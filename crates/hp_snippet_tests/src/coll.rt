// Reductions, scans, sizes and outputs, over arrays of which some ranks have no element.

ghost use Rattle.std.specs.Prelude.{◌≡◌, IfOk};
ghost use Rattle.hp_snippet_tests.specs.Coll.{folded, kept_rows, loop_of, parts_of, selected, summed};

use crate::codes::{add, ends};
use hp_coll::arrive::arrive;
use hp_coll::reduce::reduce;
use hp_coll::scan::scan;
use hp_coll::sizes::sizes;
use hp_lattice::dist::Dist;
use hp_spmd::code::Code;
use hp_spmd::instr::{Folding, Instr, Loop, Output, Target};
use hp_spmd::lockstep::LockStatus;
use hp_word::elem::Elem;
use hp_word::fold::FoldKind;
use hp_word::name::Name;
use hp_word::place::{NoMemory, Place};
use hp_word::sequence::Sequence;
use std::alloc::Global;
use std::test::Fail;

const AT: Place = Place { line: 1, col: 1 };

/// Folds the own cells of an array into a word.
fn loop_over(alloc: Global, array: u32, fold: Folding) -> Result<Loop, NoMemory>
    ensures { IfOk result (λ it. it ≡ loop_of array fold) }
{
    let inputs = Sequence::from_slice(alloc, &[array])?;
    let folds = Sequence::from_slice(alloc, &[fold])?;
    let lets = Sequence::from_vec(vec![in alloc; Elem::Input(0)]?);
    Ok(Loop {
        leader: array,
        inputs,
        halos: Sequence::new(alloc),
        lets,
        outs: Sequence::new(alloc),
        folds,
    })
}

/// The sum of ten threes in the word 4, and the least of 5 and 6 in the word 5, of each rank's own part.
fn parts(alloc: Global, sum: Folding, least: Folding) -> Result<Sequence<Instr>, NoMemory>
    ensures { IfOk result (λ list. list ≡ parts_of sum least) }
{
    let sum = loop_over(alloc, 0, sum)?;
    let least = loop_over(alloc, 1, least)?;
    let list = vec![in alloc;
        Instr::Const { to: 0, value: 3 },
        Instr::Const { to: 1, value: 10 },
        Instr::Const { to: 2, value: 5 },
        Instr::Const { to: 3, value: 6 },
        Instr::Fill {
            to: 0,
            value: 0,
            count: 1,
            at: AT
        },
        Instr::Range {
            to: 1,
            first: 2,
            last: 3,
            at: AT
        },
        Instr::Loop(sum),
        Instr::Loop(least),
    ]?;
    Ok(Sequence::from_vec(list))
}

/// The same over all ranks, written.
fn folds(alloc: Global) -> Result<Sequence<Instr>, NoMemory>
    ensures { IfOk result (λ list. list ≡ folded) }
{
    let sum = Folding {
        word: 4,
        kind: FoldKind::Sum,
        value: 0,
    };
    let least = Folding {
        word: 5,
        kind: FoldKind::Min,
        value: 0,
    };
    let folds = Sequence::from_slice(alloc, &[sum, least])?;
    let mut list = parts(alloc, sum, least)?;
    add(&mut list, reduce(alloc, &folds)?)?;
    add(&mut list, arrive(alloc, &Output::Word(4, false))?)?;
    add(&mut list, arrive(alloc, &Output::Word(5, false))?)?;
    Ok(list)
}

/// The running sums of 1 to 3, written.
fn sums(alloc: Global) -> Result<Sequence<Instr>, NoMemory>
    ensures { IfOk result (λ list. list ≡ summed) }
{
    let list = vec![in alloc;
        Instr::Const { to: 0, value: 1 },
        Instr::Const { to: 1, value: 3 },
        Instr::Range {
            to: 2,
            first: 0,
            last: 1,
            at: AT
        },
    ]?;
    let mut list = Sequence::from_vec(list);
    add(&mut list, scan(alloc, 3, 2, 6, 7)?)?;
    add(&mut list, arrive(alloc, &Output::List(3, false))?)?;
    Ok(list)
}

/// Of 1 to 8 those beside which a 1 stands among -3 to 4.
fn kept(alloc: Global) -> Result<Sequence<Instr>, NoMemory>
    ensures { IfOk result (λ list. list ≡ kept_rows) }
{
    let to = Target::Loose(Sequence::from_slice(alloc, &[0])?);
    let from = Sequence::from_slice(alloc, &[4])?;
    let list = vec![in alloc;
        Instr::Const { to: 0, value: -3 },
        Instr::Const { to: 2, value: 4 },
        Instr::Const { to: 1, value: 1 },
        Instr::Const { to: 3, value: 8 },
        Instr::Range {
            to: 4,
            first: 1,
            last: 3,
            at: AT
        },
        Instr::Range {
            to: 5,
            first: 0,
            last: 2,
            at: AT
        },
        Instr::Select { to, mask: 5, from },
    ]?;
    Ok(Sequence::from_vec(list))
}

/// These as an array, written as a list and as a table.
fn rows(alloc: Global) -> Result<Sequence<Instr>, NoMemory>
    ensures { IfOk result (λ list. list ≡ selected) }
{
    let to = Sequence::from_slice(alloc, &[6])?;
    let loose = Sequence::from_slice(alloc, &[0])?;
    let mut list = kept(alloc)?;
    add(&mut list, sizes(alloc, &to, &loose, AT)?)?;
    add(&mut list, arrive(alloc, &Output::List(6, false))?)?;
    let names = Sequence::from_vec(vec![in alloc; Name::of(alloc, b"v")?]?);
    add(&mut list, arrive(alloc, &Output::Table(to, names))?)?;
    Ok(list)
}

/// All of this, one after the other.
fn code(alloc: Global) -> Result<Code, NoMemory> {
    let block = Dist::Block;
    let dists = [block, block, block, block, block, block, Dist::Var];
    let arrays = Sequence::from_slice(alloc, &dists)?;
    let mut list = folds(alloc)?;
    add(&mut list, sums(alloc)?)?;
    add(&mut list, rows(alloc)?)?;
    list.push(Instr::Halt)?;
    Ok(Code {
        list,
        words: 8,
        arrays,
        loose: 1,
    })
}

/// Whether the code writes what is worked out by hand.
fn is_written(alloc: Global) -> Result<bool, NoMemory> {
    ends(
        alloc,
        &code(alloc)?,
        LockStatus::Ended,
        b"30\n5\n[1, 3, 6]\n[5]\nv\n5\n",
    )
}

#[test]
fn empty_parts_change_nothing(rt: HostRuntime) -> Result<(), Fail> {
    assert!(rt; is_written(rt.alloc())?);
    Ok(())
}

------------------------------------------------------------------------

● **Your instructions**
Starting with the first line of the listing above, copy each line exactly until you have copied the line containing "fn loop_over(alloc: Global, array: u32, fold: Folding)". Stop there.

● **Task answer**
filename crates/hp_snippet_tests/src/coll.rt
// Reductions, scans, sizes and outputs, over arrays of which some ranks have no element.

ghost use Rattle.std.specs.Prelude.{◌≡◌, IfOk};
ghost use Rattle.hp_snippet_tests.specs.Coll.{folded, kept_rows, loop_of, parts_of, selected, summed};

use crate::codes::{add, ends};
use hp_coll::arrive::arrive;
use hp_coll::reduce::reduce;
use hp_coll::scan::scan;
use hp_coll::sizes::sizes;
use hp_lattice::dist::Dist;
use hp_spmd::code::Code;
use hp_spmd::instr::{Folding, Instr, Loop, Output, Target};
use hp_spmd::lockstep::LockStatus;
use hp_word::elem::Elem;
use hp_word::fold::FoldKind;
use hp_word::name::Name;
use hp_word::place::{NoMemory, Place};
use hp_word::sequence::Sequence;
use std::alloc::Global;
use std::test::Fail;

const AT: Place = Place { line: 1, col: 1 };

/// Folds the own cells of an array into a word.
fn loop_over(alloc: Global, array: u32, fold: Folding) -> Result<Loop, NoMemory>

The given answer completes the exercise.